Erbschaftsteuer Widerstand in der Union gegen geplante Reform

„Hier geht es um unser politisches Tafelsilber.“

Berlin – In der Union wächst der Widerstand gegen die von Bundesfinanzminister Wolfgang Schäuble (CDU) geplante Reform der Erbschaftsteuer.

Die finanzpolitischen Sprecher der Unionsfraktionen in den Ländern verständigten sich nach Informationen von „Bild“ (Dienstag) auf einer Tagung am Montag auf einen Beschluss, in dem Schäuble in aller Form zu Korrekturen an den Ende Februar vom Ministerium vorgestellten Eckpunkten aufgefordert wird.

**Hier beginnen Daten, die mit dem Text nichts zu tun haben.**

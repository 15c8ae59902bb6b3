//! Rows of one entry.

ghost use Rattle.std.specs.Prelude.{◌≡◌, ◌<◌, ◌+◌, ◌*◌, ◌/◌, ◌^◌, ◌++◌, OnOk};
ghost use Rattle.cost_table.specs.Inputs.{rows_from};

use alf_check::InputRow;
use std::alloc::AllocError;

// Adds this row and as many of the cells after it as make `count`.
pub fn add_rows(rows: &mut Vec<InputRow>, first: InputRow, count: u32) -> Result<(), AllocError>
    requires { first.offset + count * (first.size / 8) < 2 ^ 32 }
    ensures { OnOk result (rows.new.items ≡ rows.old.items ++ rows_from first count) }
{
    let mut row = first;
    let mut left = count;
    while left > 0 {
        rows.push(row)?;
        row.offset += row.size / 8;
        left -= 1;
    }
    Ok(())
}
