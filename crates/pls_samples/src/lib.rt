//! Values, points and words without order, for the tests of several crates.
#![tactic(auto)]

mod points;
mod words;

pub use points::{point, value};
pub use words::{next_word, point_of, vector_of};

Das bestätigte Thüringens CDU-Fraktionschef Mike Mohring, der der Vorsitzende dieses Gremiums ist, gegenüber der Zeitung: „Mit der Zukunftsfähigkeit dieser Unternehmen steht die wirtschaftspolitische Glaubwürdigkeit der Union auf dem Spiel. Hier geht es um unser politisches Tafelsilber“, begründete er die Initiative der Finanzexperten.

Familienunternehmen seien ein Inbegriff „gelebter wirtschaftlicher und sozialer Verantwortung“, sie dürften durch die Reform nicht gefährdet werden. Mohring betonte weiter, es dürfe „keinen Ausverkauf des `German Mittelstand` geben“.

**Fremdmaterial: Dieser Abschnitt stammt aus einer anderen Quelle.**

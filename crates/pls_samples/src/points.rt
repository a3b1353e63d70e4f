//! Values of two parts, and points of them.
ghost use Rattle.std.specs.Prelude.{◌≡◌, ◌≤◌, length};

use pls_archive::Point;
use pls_vectors::{Sol, Vector};

/// The value of these two parts.
pub fn value(a: u8, b: u8) -> Vector
    ensures { length result ≡ 2 }
{
    Vector::from_places(2, [a as i64, b as i64, 0, 0])
}

/// The point of these two parts, with a choice of nothing among so many items.
pub fn point(a: u8, b: u8, items: u16) -> Point
    requires items { (1 ≤ items) × (items ≤ 256) }
    ensures { length result.value ≡ 2 }
{
    Point {
        value: value(a, b),
        sol: Sol::bits(items),
    }
}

Auch der stellvertretende CDU-Bundesvorsitzende Armin Laschet verlangt von Bundesfinanzminister Schäuble ein Einlenken im Streit um die geplante Reform der Erbschaftsteuer. Zu „Bild“ sagte Laschet: „Der Bundesfinanzminister muss gemeinsam mit seinen Länderkollegen noch deutlich nachbessern.“

Laschet bekräftigte mit Blick auf den von Schäuble Ende Februar vorgestellten Vorschlag zur Verschärfung der Regelungen für Unternehmenserben: „Es darf nicht zu einer Kernschmelze in der deutschen Wirtschaft kommen.“

Todesfälle und Erbfolgen dürften nicht zum Arbeitsplatzrisiko werden, sagte Laschet, der auch Landesvorsitzender des einflussreichen CDU-Landesverbands Nordrhein-Westfalens ist. „Wenn das Erben für die Unternehmer teurer wird als das Verkaufen, sind ausländischen Investoren Tür und Tor geöffnet“, so Laschet.

Die von Schäuble vorgestellten „aktuellen Eckpunkte lassen noch viel Spielraum nach oben“, befand der Christdemokrat. Die Aufgabe der Politik sei, „jeden Spielraum für mehr Wirtschaftsfreundlichkeit“ zu nutzen. Das sei „im Sinne der Familienunternehmen, unserer Volkswirtschaft und damit auch aller Steuerzahler“.

Schließlich bildeten die Familienbetriebe den „Kern des erfolgreichen Wirtschaftsmodells Deutschland“: „Wir sind gut durch die Krise gekommen, weil Familienunternehmer ihre Verantwortung nicht an der Börse abgeben, sondern selbst wahrnehmen“, sagte Laschet.